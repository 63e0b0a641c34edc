// What is checked, and the answer.
use crate::SharedRecord;
use mtn_ancestry::Pos;
use mtn_base::{Bytes, Id, List};
use mtn_make_roster::Uncommon;

/// A revision whose stored roster is checked: its text, its position and its id, the whole records of its parents' rosters in
/// the order of the edges and that of its own; and, where it has two parents, what each has above it that the other lacks.
#[derive(Drop)]
pub struct CheckJob {
    pub text: Bytes,
    pub at: Pos,
    pub id: Id,
    pub parents: List<SharedRecord>,
    pub stored: SharedRecord,
    pub only_left: Uncommon,
    pub only_right: Uncommon,
}

/// Whether the stored roster, its marks and its births are those that the text makes of the parents' ones.
#[derive(Clone, Copy)]
pub enum Verdict {
    Agrees,
    Differs,
}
■ ■ ■ ■ ■ ■ ■
- [Work order] Reproduce each line of the material in which the string "Uncommon" occurs.

- [Expected answer]
use mtn_make_roster::Uncommon;
    pub only_left: Uncommon,
    pub only_right: Uncommon,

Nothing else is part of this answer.